# paniermehl zum anlocken???



## killerforelle (9. März 2008)

hi
kann man auch sehr fein gemahlenes paniermehl zum anlocken/anfüttern für rotaugen/rotfedern/brassen benutzen oder eher weniger

lg


----------



## Cobra HH (9. März 2008)

*AW: paniermehl zum anlocken???*

hi,
du kannst es ohne probleme benutzen tue ich auch
packst noch maden und maismehl mit rein und dann klappt es schon


----------



## killerforelle (9. März 2008)

*AW: paniermehl zum anlocken???*

ok danke 
dann weiß ich für nächste mal  bescheid

lg


----------



## Fishaholic (9. März 2008)

*AW: paniermehl zum anlocken???*

Ich "stecke" auch gerne gekauftes Futter mit Paniermehl.

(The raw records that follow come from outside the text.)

// One stream over its link.
ghost use Rattle.std.specs.Prelude.{◌≡◌, ◌≤◌, ◌++◌, ◌∷◌, [], ℕ, List, Option, IfOk, OnErr, OnOk, false, true};
ghost use Rattle.bosh_ports.specs.Faults.{HasRisen};
ghost use Rattle.bosh_types.specs.declared.inward.Inward.{Inward};
ghost use Rattle.xmpp_stream.specs.Wire.{Comes, IsRead, IsWritten};

use crate::incoming::{Came, Incoming};
use crate::outgoing::{Outgoing, Paid};
use crate::poll_link::PollLink;
use bosh_types::Inward;
use std::alloc::AllocError;

/// A stream over a link that never waits: what its link was given, and after it what is owed, is the text of what was passed, and
/// what its polls gave are the elements of what was taken. Both ends are made before the link, so that this takes no memory.
#[derive(Drop)]
pub struct Stream<L: PollLink + Drop> {
    pub link: L,
    pub outgoing: Outgoing,
    pub incoming: Incoming,
}

impl<L: PollLink + Drop> Stream<L> {
    pub fn new(link: L, outgoing: Outgoing, incoming: Incoming) -> Stream<L>
        ensures link { result.link ≡ link }
        ensures outgoing { result.outgoing ≡ outgoing }
        ensures incoming { result.incoming ≡ incoming }
    {
        Stream {
            link,
            outgoing,
            incoming,
        }
    }

    /// Owes the text of an item, on a stream that wasn't closed; on one that was, nothing. The only error is want of memory, after
    /// which all is as before.
    pub fn pass(&mut self, item: &Inward) -> Result<(), AllocError>
        ensures ok { (start : Option (List ℕ)) (passed : List Inward) → IsWritten start (L.given self.old.link) self.old.outgoing passed → self.old.outgoing.closed ≡ false
            → OnOk result (IsWritten start (L.given self.new.link) self.new.outgoing (passed ++ item.now ∷ [])) }
        ensures past { self.old.outgoing.closed ≡ true → self.new ≡ self.old }
        ensures err { OnErr result (self.new ≡ self.old) }
        ensures others { self.new ≡ record self.old { outgoing = self.new.outgoing } }
    {
        self.outgoing.pass(item)
    }

    /// Owes the end tag, unless it was owed before. What comes may still be polled. The only error is want of memory, after which all
    /// is as before.
    pub fn close(&mut self) -> Result<(), AllocError>
        ensures ok { (start : Option (List ℕ)) (passed : List Inward) → IsWritten start (L.given self.old.link) self.old.outgoing passed
            → OnOk result (IsWritten start (L.given self.new.link) self.new.outgoing passed) }
        ensures closed { OnOk result (self.new.outgoing.closed ≡ true) }
        ensures err { OnErr result (self.new ≡ self.old) }
        ensures others { self.new ≡ record self.old { outgoing = self.new.outgoing } }
    {
        self.outgoing.close()
    }

    /// What comes next. What is owed is given first, as far as the link has room for it. The only error is want of memory, after
    /// which the same comes next.
    pub fn poll(&mut self) -> Result<Came, AllocError>
        ensures written { (start : Option (List ℕ)) (passed : List Inward) → IsWritten start (L.given self.old.link) self.old.outgoing passed
            → IsWritten start (L.given self.new.link) self.new.outgoing passed }
        ensures ok { (start : Option (List ℕ)) (elements : List (List ℕ)) → IsRead start (L.left self.old.link) self.old.incoming elements
            → IfOk result (λ came. Comes came start (L.left self.new.link) self.new.incoming elements) }
        ensures err { (start : Option (List ℕ)) (elements : List (List ℕ)) → IsRead start (L.left self.old.link) self.old.incoming elements
            → OnErr result (IsRead start (L.left self.new.link) self.new.incoming elements) }
        ensures failed { IfOk result (λ came. came ≡ Came.Failed → HasRisen (L.faults self.old.link) (L.faults self.new.link)) }
        ensures waits { IfOk result (λ came. came ≡ Came.NotYet → HasRisen (L.idle self.old.link) (L.idle self.new.link)) }
        ensures faults { L.faults self.old.link ≤ L.faults self.new.link }
    {
        if self.outgoing.give(&mut self.link) == Paid::Failed {
            return Ok(Came::Failed);
        }
        self.incoming.poll(&mut self.link)
    }
}
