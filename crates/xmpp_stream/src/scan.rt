// Looking for the end of an element in bytes that grow.
ghost use Rattle.std.specs.Prelude.{◌≡◌, ◌≤◌, [], ℕ, List, None, OnErr, IfOk, length, take};
ghost use Rattle.body_cutter.specs.Begun.{HasBegun};
ghost use Rattle.xmpp_stream.specs.Cut.{Finds, IsWithin, Scans};

use body_cutter::{Fed, StanzaCutter};
use std::alloc::{AllocError, Global};

// How much of an element was looked at, each byte once.
#[derive(Drop)]
pub(crate) struct Scan {
    pub(crate) cutter: Option<StanzaCutter>,
    pub(crate) count: usize,
}

// What was found.
#[derive(Clone, Copy, Debug, PartialEq, Eq)]
pub(crate) enum Scanned {
    More,
    // An element of so many bytes.
    Whole(usize),
    // No stanza begins so.
    Refused,
}

impl Scan {
    pub(crate) fn new() -> Scan
        ensures { Scans result [] }
    {
        Scan {
            cutter: None,
            count: 0,
        }
    }

    // What goes on with the next byte.
    fn begun(&mut self, alloc: Global) -> StanzaCutter
        ensures begun { (front : List ℕ) → Scans self.old front → HasBegun result front }
        ensures cutter { self.new.cutter ≡ None }
        ensures count { self.new.count ≡ self.old.count }
    {
        match self.cutter.take() {
            Some(cutter) => cutter,
            None => StanzaCutter::new(alloc),
        }
    }

    // Looks at the bytes that were not looked at before. After want of memory it begins anew.
    pub(crate) fn feed(&mut self, alloc: Global, rest: &[u8]) -> Result<Scanned, AllocError>
        ensures ok { self.old.count ≤ length rest.now → Scans self.old (take self.old.count rest.now) → IfOk result (λ found. Finds found self.new rest.now) }
        ensures within { IfOk result (λ found. IsWithin found rest.now) }
        ensures err { OnErr result (Scans self.new []) }
    {
        let cutter = self.begun(alloc);
        let len = rest.len();
        let at = self.count.min(len);
        self.count = 0;
        let left = &rest[at..];
        match cutter.feed(left)? {
            Fed::More(cutter) => {
                self.cutter = Some(cutter);
                self.count = len;
                Ok(Scanned::More)
            }
            Fed::Whole(more) => Ok(Scanned::Whole(len - left.len().saturating_sub(more))),
            Fed::Refused(_) => Ok(Scanned::Refused),
        }
    }
}
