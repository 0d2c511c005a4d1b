// The text that is written on a stream.
ghost use Rattle.std.specs.Prelude.{◌≡◌, ◌++◌, IfOk, OnErr, OnOk};
ghost use Rattle.body_writer.specs.Attribute.{escaped, escaped_byte};
ghost use Rattle.xmpp_stream.specs.Text.{end_tag, header, header_back, header_front, item_text};

use bosh_types::Inward;
use std::alloc::{AllocError, Global};

// How many bytes a header takes to most hosts.
const HEADER_ROOM: usize = 256;

#[tactic(auto, unfolding(body_writer::specs::Attribute::escaped_byte))]
fn push_escaped_byte(text: &mut Vec<u8>, byte: u8) -> Result<(), AllocError>
    ensures { OnOk result (text.new.items ≡ text.old.items ++ escaped_byte byte) }
{
    match byte {
        b'&' => text.extend_from_slice(b"&amp;"),
        b'<' => text.extend_from_slice(b"&lt;"),
        b'\'' => text.extend_from_slice(b"&apos;"),
        b'\t' => text.extend_from_slice(b"&#9;"),
        b'\n' => text.extend_from_slice(b"&#10;"),
        b'\r' => text.extend_from_slice(b"&#13;"),
        _ => text.extend_from_slice(&[byte]),
    }
}

fn push_escaped(text: &mut Vec<u8>, value: &[u8]) -> Result<(), AllocError>
    ensures { OnOk result (text.new.items ≡ text.old.items ++ escaped value.now) }
{
    for byte in value {
        push_escaped_byte(text, *byte)?;
    }
    Ok(())
}

#[tactic(auto, unfolding(crate::specs::Text::header_front))]
fn push_front(text: &mut Vec<u8>) -> Result<(), AllocError>
    ensures { OnOk result (text.new.items ≡ text.old.items ++ header_front) }
{
    text.extend_from_slice(b"<?xml version='1.0'?><stream:stream to='")
}

#[tactic(auto, unfolding(crate::specs::Text::header_back))]
fn push_back(text: &mut Vec<u8>) -> Result<(), AllocError>
    ensures { OnOk result (text.new.items ≡ text.old.items ++ header_back) }
{
    text.extend_from_slice(
        b"' version='1.0' xmlns='jabber:client' xmlns:stream='http://etherx.jabber.org/streams'>",
    )
}

// The header of a stream to this host.
fn header_of(alloc: Global, to: &[u8]) -> Result<Vec<u8>, AllocError>
    ensures { IfOk result (λ text. text.items ≡ header to.now) }
{
    let mut text = Vec::with_capacity(alloc, HEADER_ROOM)?;
    push_front(&mut text)?;
    push_escaped(&mut text, to)?;
    push_back(&mut text)?;
    Ok(text)
}

/// Puts the header of a stream to this host at the end (RFC 6120 section 4.7). The only error is want of memory, after which the
/// text is as before.
pub fn push_header(alloc: Global, text: &mut Vec<u8>, to: &[u8]) -> Result<(), AllocError>
    ensures ok { OnOk result (text.new.items ≡ text.old.items ++ header to.now) }
    ensures err { OnErr result (text.new.items ≡ text.old.items) }
{
    let header = header_of(alloc, to)?;
    text.extend_from_slice(header.as_slice())
}

/// Puts the text of an item at the end, on a stream to this host: a stanza as its bytes, and a header for a restart. The only
/// error is want of memory, after which the text is as before.
pub fn push_item(
    alloc: Global,
    text: &mut Vec<u8>,
    to: &[u8],
    item: &Inward,
) -> Result<(), AllocError>
    ensures ok { OnOk result (text.new.items ≡ text.old.items ++ item_text to.now item.now) }
    ensures err { OnErr result (text.new.items ≡ text.old.items) }
{
    match item {
        Inward::Item(_, stanza) => text.extend_from_slice(stanza.as_slice()),
        Inward::Restart(_) => push_header(alloc, text, to),
        Inward::Open(_, _) | Inward::Close(_) => Ok(()),
    }
}

/// Puts the end tag at the end (RFC 6120 section 4.4). The only error is want of memory, after which the text is as before.
#[tactic(auto, unfolding(crate::specs::Text::end_tag))]
pub fn push_end(text: &mut Vec<u8>) -> Result<(), AllocError>
    ensures ok { OnOk result (text.new.items ≡ text.old.items ++ end_tag) }
    ensures err { OnErr result (text.new.items ≡ text.old.items) }
{
    text.extend_from_slice(b"</stream:stream>")
}
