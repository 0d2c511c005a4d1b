// What a directory keeps of what happened to it.
use bosh_types::SharedText;
use parked_gate::Gate;
use session_journal::Recorded;
use std::snapshot::Snapshot;

/// What happened to a session.
#[derive(Drop)]
pub enum Event {
    /// It was opened behind this gate. Only proofs read which one it is: it takes no memory.
    Opened(Snapshot<Gate<Recorded>>),
    Removed,
}

/// An entry of a directory's history, with the number of who made the call.
#[derive(Drop)]
pub struct Entry {
    pub caller: u32,
    pub sid: SharedText,
    pub event: Event,
}
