// A link that is asked and never waits.
ghost use Rattle.std.specs.Prelude.{◌≡◌, ℕ, ◌<◌, ◌≤◌, Some, length};

use bosh_ports::{Gave, Got, Link};

/// A link that gives and takes without waiting too. Where there is nothing to be had now, or no room, it answers `None` and counts
/// that: one whose count of these is constantly 0 always answers.
pub trait PollLink: Link {
    ghost use Rattle.std.specs.Io.KnownBytes.{Keeps};
    ghost use Rattle.bosh_ports.specs.Faults.{HasRisen};
    ghost use Rattle.bosh_ports.specs.Polled.{PollTakes, PollCountsTake, PollGives, PollCountsGive, CountsWait};

    // How often it answered that there is nothing now, or no room.
    ghost idle: { Self → ℕ };

    /// Takes the next bytes into the front of the room, or `None` where none came yet. Nothing is taken by `None`, `End` or
    /// `Failed`.
    fn try_take(&mut self, into: &mut [u8]) -> Option<Got>
        requires { 0 < length into.old }
        ensures takes { PollTakes (Self.left self.old) (Self.left self.new) into.new result }
        ensures given { Keeps (Self.given self.old) (Self.given self.new) }
        ensures failed { result ≡ Some Got.Failed → HasRisen (Self.faults self.old) (Self.faults self.new) }
        ensures counts { PollCountsTake (Self.faults self.old) (Self.faults self.new) result }
        ensures faults { Self.faults self.old ≤ Self.faults self.new }
        ensures idle { CountsWait (idle self.old) (idle self.new) result }
        ensures never_falls { idle self.old ≤ idle self.new };

    /// Gives some of the bytes, from the front, or `None` where there is no room for any now. Nothing is given by `None` or
    /// `Failed`.
    fn try_give(&mut self, bytes: &[u8]) -> Option<Gave>
        requires { 0 < length bytes.now }
        ensures gives { PollGives (Self.given self.old) (Self.given self.new) bytes.now result }
        ensures left { Keeps (Self.left self.old) (Self.left self.new) }
        ensures failed { result ≡ Some Gave.Failed → HasRisen (Self.faults self.old) (Self.faults self.new) }
        ensures counts { PollCountsGive (Self.faults self.old) (Self.faults self.new) result }
        ensures faults { Self.faults self.old ≤ Self.faults self.new }
        ensures idle { CountsWait (idle self.old) (idle self.new) result }
        ensures never_falls { idle self.old ≤ idle self.new };

    /// Tells the peer that nothing more will be given. What comes may still be taken, and no fault is counted.
    fn finish(&mut self)
        ensures left { Keeps (Self.left self.old) (Self.left self.new) }
        ensures given { Keeps (Self.given self.old) (Self.given self.new) }
        ensures faults { Self.faults self.new ≡ Self.faults self.old }
        ensures idle { idle self.new ≡ idle self.old };
}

Oder nehme es als Basis für eigene Kreationen, aber da werden Dir die Friedfischprofis bessere Auskünfte geben können als ich.


----------



## Brassenwürger (9. März 2008)

*AW: paniermehl zum anlocken???*

Hier mal mein Billigrezept aus Junganglerzeiten:

Paniermehl aus´m Supermarkt (nur kein "Brata", das klebt zu stark). 2 Kilo davon in ´nen Eimer. Billigen Kunsthonig in lauwarmem Wasser auflösen, damit das Futter anfeuchten. Mais und Maden mit rein, vorher die Pampe am besten noch durchsieben. Damit habe ich sicher tonnenweise Brassen gefangen. Vanillezucker und andere Aromen als Zusatz können nicht schaden....#6


----------



## magic feeder (10. März 2008)

*AW: paniermehl zum anlocken???*

ich nehme schon seit jahren paniermehl her......dazu noch ein paar haferflocken und etwas backaroma....und fertig ist das futter....


----------



## spinner14 (12. März 2008)

*AW: paniermehl zum anlocken???*

Klar das funzt super,man kann da auch Erdnussflips reinmachen(zu Mehl gestampft).Manchmal ist es aber nicht so gut ein helles Futter zubenutzen, dann mache ich einfach ein bisschen Kakao rein.


----------



## Tricast (13. März 2008)

*AW: paniermehl zum anlocken???*

Paniermehl plus Zwiebackmehl wird schon eine gute Mischung. Im Stillwasser mehr Zwieback und im Fluss mehr Paniermehl. Dazu Zucker und Salz wie beim Backen. Für Zucker kann auch Vanillezucker verwendet werden, dann hat man schon eine Vanillenote im Futter. Dann gibt es noch eine Menge Backaromen wie z.B. Bittermandel, auch rein damit. Zum abdunkeln Zuckercoleur aus der Küche von Muttern oder den leckeren Brotaufstrich Rübensirup. Kakao wie schon geschrieben ist auch gut. Das Futter in zwei Schritten anfeuchten bis man die gewünschte Konsistenz hat und wenn möglich sieben. Damit läßt sich schon der ein oder andere Fisch überzeugen.

Gruß Heinz
Stippermesse Bremen


----------



## Tommy-Boy (13. März 2008)

*AW: paniermehl zum anlocken???*

Moin!

Beim Angeln im Rhein nehme ich teilweise noch etwas Sand dazu, und dann forme ich harte Kugeln. Diese sinken dann sehr schnell und liegen wenigstens in der Nähe der Stelle, wo ich sie reinwerfe.

Gruß,
Tom


----------



## Slimfast (13. März 2008)

*AW: paniermehl zum anlocken???*

Was auch gut geht ist Paniermehl, Erdnussmehl, Zimt, Kokosraspeln, Haferflockenmehl und etwas Salz. Hab ich mal im Sommer am langsam fließenden Kanal gemacht brachte viele schöne Fische.


----------



## niddafischer (21. März 2008)

*AW: paniermehl zum anlocken???*



Cobra HH schrieb:


> hi,
> du kannst es ohne probleme benutzen tue ich auch
> packst noch maden und maismehl mit rein und dann klappt es schon




maismehl würde ich nicht nehmen den dann hast du einen teig!


----------



## KarpfenDenis (21. März 2008)

*AW: paniermehl zum anlocken???*

bei fishermans partner gibt für 2 € ich glaube ein kilo Lockfutter ...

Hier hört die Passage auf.